A teraz sprawa absolutnie najważniejsza. Jak już sobie obejrzymy co będzie do obejrzenia, przyjdzie pora usiąść i pogadać... No a żeby nie było o suchym i głodnym pysku trzeba zorganizowac we własnym zakresie jakowyś furaż. Na miejscu będzie czajnik i woda w kranie czyli musimy przynieść jakieś: ciasto (najchetniej domowe), ciastka, chipsy, orzeszki czy inne takie rzeczy plus kawa i herbata. Ja biorę "na siebie" kawę (rozpuszczalną). Każdy przynosi to co ma lub najbardziej lubi... no i postarajmy się jakoś skoordynować, żeby nie były same orzeszki albo chipsy.
Chciałbym oficjalnie potwierdzić przekazanie dokumentów w ręce Durektora Muzeum Marynarki Wojennej w Gdyni. Pompy nie było, tylko musztra honorowa jak opuszczaliśmy ORP Błyskawica. Zdjęcia na stronie http://www.orzel.one.pl/photogallery.php
Orzeł i OffRoad to jest to co trzyma mnie przy życiu
Anonymous pisze:Czy ktoś przejeżdżający przez Wrzeszcz mógłby mnie zdjąć z ul.

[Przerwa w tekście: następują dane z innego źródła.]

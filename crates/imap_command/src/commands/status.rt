// STATUS (RFC 9051, 6.3.11).
ghost use Rattle.std.specs.Prelude.{◌≡◌, ◌++◌, OnOk};
ghost use Rattle.grammar.specs.Gives.{Gives};
ghost use Rattle.imap_command.specs.Status.{status_items, status_form};

use grammar::{ReadError, byte_of, put_several, several_of};
use imap_text::{StatusItemForm, astring_of, put_astring};
use imap_types::StatusItems;
use mur_base::{Bytes, Memory};
use std::alloc::Global;

/// Reads the items of a STATUS.
fn status_items_of(alloc: Global, bytes: &[u8]) -> Result<(StatusItems, &[u8]), ReadError>
    ensures { Gives (λ x. (x.0, x.1.now)) result (status_items.part.at bytes.now) }
{
    let rest = byte_of(b'(', bytes)?;
    let (items, rest) = several_of(alloc, b' ', &StatusItemForm, rest)?;
    let rest = byte_of(b')', rest)?;
    Ok((items, rest))
}

/// Prints the items of a STATUS.
#[tactic(auto, using(std::proofs::lemmas::Grind::common_steps))]
fn put_status_items(items: &StatusItems, out: &mut Bytes) -> Result<(), Memory>
    ensures { OnOk result (out.new ≡ out.old ++ status_items.text items.now) }
{
    out.push(b'(')?;
    put_several(b' ', &StatusItemForm, items.as_slice(), out)?;
    out.push(b')')
}

/// Reads what stands behind the name STATUS.
pub fn status_of(alloc: Global, bytes: &[u8]) -> Result<((Bytes, StatusItems), &[u8]), ReadError>
    ensures { Gives (λ x. (x.0, x.1.now)) result (status_form.part.at bytes.now) }
{
    let rest = byte_of(b' ', bytes)?;
    let (mailbox, rest) = astring_of(alloc, rest)?;
    let rest = byte_of(b' ', rest)?;
    let (items, rest) = status_items_of(alloc, rest)?;
    Ok(((mailbox, items), rest))
}

/// Prints what stands behind the name STATUS.
#[tactic(auto, using(std::proofs::lemmas::Grind::common_steps))]
pub fn put_status(mailbox: &Bytes, items: &StatusItems, out: &mut Bytes) -> Result<(), Memory>
    ensures { OnOk result (out.new ≡ out.old ++ status_form.text (mailbox.now, items.now)) }
{
    out.push(b' ')?;
    put_astring(mailbox.as_slice(), out)?;
    out.push(b' ')?;
    put_status_items(items, out)
}
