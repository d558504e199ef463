// LIST (RFC 9051, 6.3.9).
ghost use Rattle.grammar.specs.Gives.{Gives};
ghost use Rattle.imap_command.specs.List.{is_list_char, list_mailbox, list};

use grammar::{Class, ReadError, Run, begins, byte_of, word_of};
use imap_text::{AstringChar, astring_of, string_of};
use mur_base::Bytes;
use std::alloc::Global;

/// list-char.
#[derive(Clone, Copy)]
struct ListChar;

impl Class for ListChar {
    ghost test = { λ _. is_list_char };

    #[tactic(auto, unfolding(crate::specs::List::is_list_char))]
    fn holds(&self, byte: u8) -> bool {
        AstringChar.holds(byte) || (byte == b'%' || byte == b'*')
    }
}

/// Reads list-mailbox.
#[tactic(auto, unfolding(crate::specs::List::list_mailbox))]
fn list_mailbox_of(alloc: Global, bytes: &[u8]) -> Result<(Bytes, &[u8]), ReadError>
    ensures { Gives (λ x. (x.0, x.1.now)) result (list_mailbox.at bytes.now) }
{
    if begins(&ListChar, bytes) {
        let (text, rest) = word_of(&Run { of: ListChar }, bytes)?;
        Ok((Bytes::from_slice(alloc, text)?, rest))
    } else {
        string_of(alloc, bytes)
    }
}

/// Reads what stands behind the name LIST.
pub fn list_of(alloc: Global, bytes: &[u8]) -> Result<((Bytes, Bytes), &[u8]), ReadError>
    ensures { Gives (λ x. (x.0, x.1.now)) result (list.part.at bytes.now) }
{
    let rest = byte_of(b' ', bytes)?;
    let (reference, rest) = astring_of(alloc, rest)?;
    let rest = byte_of(b' ', rest)?;
    let (pattern, rest) = list_mailbox_of(alloc, rest)?;
    Ok(((reference, pattern), rest))
}
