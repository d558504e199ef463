// SEARCH (RFC 9051, 6.4.4).
ghost use Rattle.std.specs.Prelude.{◌≡◌, ◌++◌, OnOk};
ghost use Rattle.grammar.specs.Gives.{Finds, Gives};
ghost use Rattle.imap_command.specs.Search.{begins_return, returned, search_form};

use crate::keys::{keys_of, put_keys};
use grammar::{AnyCase, Class, ReadError, Stop, begins, byte_of, word_of};
use mail_message::Keys;
use mur_base::{Bytes, Memory};
use std::alloc::Global;

/// How deep keys nest: so many keys may stand round a key.
const KEY_DEPTH: usize = 64;

/// The name before the return options.
const RETURN_NAMES: [&[u8]; 1] = [b"RETURN"];

/// The return options.
const OPTION_NAMES: [&[u8]; 2] = [b"()", b"(ALL)"];

/// What begins the name before the return options.
#[derive(Clone, Copy)]
struct ReturnStart;

impl Class for ReturnStart {
    ghost test = { λ _. begins_return };

    fn holds(&self, byte: u8) -> bool {
        byte.eq_ignore_ascii_case(&b'R')
    }
}

/// Reads the return options behind their name.
fn returned_of(bytes: &[u8]) -> Result<(&[u8], &[u8]), Stop>
    ensures { Finds (λ x. (x.0.now, x.1.now)) result (returned.at bytes.now) }
{
    let (_, rest) = word_of(
        &AnyCase {
            names: &RETURN_NAMES,
        },
        bytes,
    )?;
    let rest = byte_of(b' ', rest)?;
    word_of(
        &AnyCase {
            names: &OPTION_NAMES,
        },
        rest,
    )
}

/// Reads what stands behind the name SEARCH.
pub fn search_of(alloc: Global, bytes: &[u8]) -> Result<(Keys, &[u8]), ReadError>
    ensures { Gives (λ x. (x.0, x.1.now)) result (search_form.part.at bytes.now) }
{
    let rest = byte_of(b' ', bytes)?;
    if begins(&ReturnStart, rest) {
        let (_, rest) = returned_of(rest)?;
        let rest = byte_of(b' ', rest)?;
        keys_of(alloc, KEY_DEPTH, rest)
    } else {
        keys_of(alloc, KEY_DEPTH, rest)
    }
}

/// Prints what stands behind the name SEARCH.
#[tactic(auto, using(std::proofs::lemmas::Grind::common_steps))]
pub fn put_search(keys: &Keys, out: &mut Bytes) -> Result<(), Memory>
    ensures { OnOk result (out.new ≡ out.old ++ search_form.text keys.now) }
{
    out.push(b' ')?;
    put_keys(keys.as_slice(), out)
}
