// SETACL (RFC 4314, 3.1).
ghost use Rattle.std.specs.Prelude.{◌≡◌, ◌++◌, OnOk, IfOk};
ghost use Rattle.grammar.specs.Forms.{◌spaced◌};
ghost use Rattle.grammar.specs.Gives.{Gives};
ghost use Rattle.imap_command.specs.SetAcl.{rights_of, signed, mod_rights, set_acl};
ghost use Rattle.imap_text.specs.Strings.{argument};

use grammar::{ReadError, byte_of};
use imap_text::{astring_of, put_astring};
use mail_message::Mode;
use mur_base::{Bytes, Memory};
use std::alloc::Global;

/// What the sign before rights says, and the rights.
fn rights_of(alloc: Global, text: &[u8]) -> Result<(Mode, Bytes), Memory>
    ensures { IfOk result (λ x. x ≡ rights_of text.now) }
{
    match text {
        [b'+', rights @ ..] => Ok((Mode::Add, Bytes::from_slice(alloc, rights)?)),
        [b'-', rights @ ..] => Ok((Mode::Remove, Bytes::from_slice(alloc, rights)?)),
        _ => Ok((Mode::Replace, Bytes::from_slice(alloc, text)?)),
    }
}

/// Reads mod-rights.
fn mod_rights_of(alloc: Global, bytes: &[u8]) -> Result<((Mode, Bytes), &[u8]), ReadError>
    ensures { Gives (λ x. (x.0, x.1.now)) result (mod_rights.part.at bytes.now) }
{
    let (text, rest) = astring_of(alloc, bytes)?;
    Ok((rights_of(alloc, text.as_slice())?, rest))
}

/// Reads an identifier and, behind a space, mod-rights.
fn id_with_rights_of(
    alloc: Global,
    bytes: &[u8],
) -> Result<((Bytes, (Mode, Bytes)), &[u8]), ReadError>
    ensures { Gives (λ x. (x.0, x.1.now)) result ((argument spaced mod_rights).part.at bytes.now) }
{
    let (id, rest) = astring_of(alloc, bytes)?;
    let rest = byte_of(b' ', rest)?;
    let (rights, rest) = mod_rights_of(alloc, rest)?;
    Ok(((id, rights), rest))
}

/// Reads what stands behind the name SETACL.
pub fn set_acl_of(
    alloc: Global,
    bytes: &[u8],
) -> Result<((Bytes, (Bytes, (Mode, Bytes))), &[u8]), ReadError>
    ensures { Gives (λ x. (x.0, x.1.now)) result (set_acl.part.at bytes.now) }
{
    let rest = byte_of(b' ', bytes)?;
    let (mailbox, rest) = astring_of(alloc, rest)?;
    let rest = byte_of(b' ', rest)?;
    let (granted, rest) = id_with_rights_of(alloc, rest)?;
    Ok(((mailbox, granted), rest))
}

/// Rights behind their sign.
#[tactic(auto, using(std::proofs::lemmas::Grind::common_steps))]
fn signed(alloc: Global, mode: Mode, rights: &Bytes) -> Result<Bytes, Memory>
    ensures { IfOk result (λ text. text ≡ signed (mode, rights.now)) }
{
    let mut text = Bytes::new(alloc);
    match mode {
        Mode::Replace => {}
        Mode::Add => text.push(b'+')?,
        Mode::Remove => text.push(b'-')?,
    }
    text.extend_from_slice(rights.as_slice())?;
    Ok(text)
}

fn put_mod_rights(alloc: Global, mode: Mode, rights: &Bytes, out: &mut Bytes) -> Result<(), Memory>
    ensures { OnOk result (out.new ≡ out.old ++ mod_rights.text (mode, rights.now)) }
{
    let text = signed(alloc, mode, rights)?;
    put_astring(text.as_slice(), out)
}

/// Prints what stands behind the name SETACL.
#[tactic(auto, using(std::proofs::lemmas::Grind::common_steps))]
pub fn put_set_acl(
    alloc: Global,
    mailbox: &Bytes,
    id: &Bytes,
    mode: Mode,
    rights: &Bytes,
    out: &mut Bytes,
) -> Result<(), Memory>
    ensures { OnOk result (out.new ≡ out.old ++ set_acl.text (mailbox.now, (id.now, (mode, rights.now)))) }
{
    out.push(b' ')?;
    put_astring(mailbox.as_slice(), out)?;
    out.push(b' ')?;
    put_astring(id.as_slice(), out)?;
    out.push(b' ')?;
    put_mod_rights(alloc, mode, rights, out)
}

Grunwaldzkiej (jeśli się jeszcze tak nazywa), w okolicach Newskiej?
pozdr.
Marek B.
Dziękujemy organizatorowi (POLISHSUB) za gościnę i umożliwienie zwiedzenia okrętów (kobbeny robią jednak większe wrażenie niż foxtroty), a Gromowi za odwiedziny w pierwszym porcie RP.
Marek Błuś
Anonymous pisze:Dziękujemy organizatorowi (POLISHSUB) za gościnę i umożliwienie zwiedzenia okrętów (kobbeny robią jednak większe wrażenie niż foxtroty), a Gromowi za odwiedziny w pierwszym porcie RP.
Marek Błuś
Dołączam się równie serdecznie
A na marginesie - kto ma zdjęcia - to ja proszę - mitoko@wp.pl
Panowie... Ten meeting to wspaniała sprawa.
Wielkie uznanie dla Groma z fdt oraz organizatora - POLISHSUB'a
Wszystkim serdecznie dziękuję za miłą atmosferę i przyjęcie...
Pozdrawiam,
Maciej
P.S. Mitoko - ile mogę Ci podrzucić tych fotek...?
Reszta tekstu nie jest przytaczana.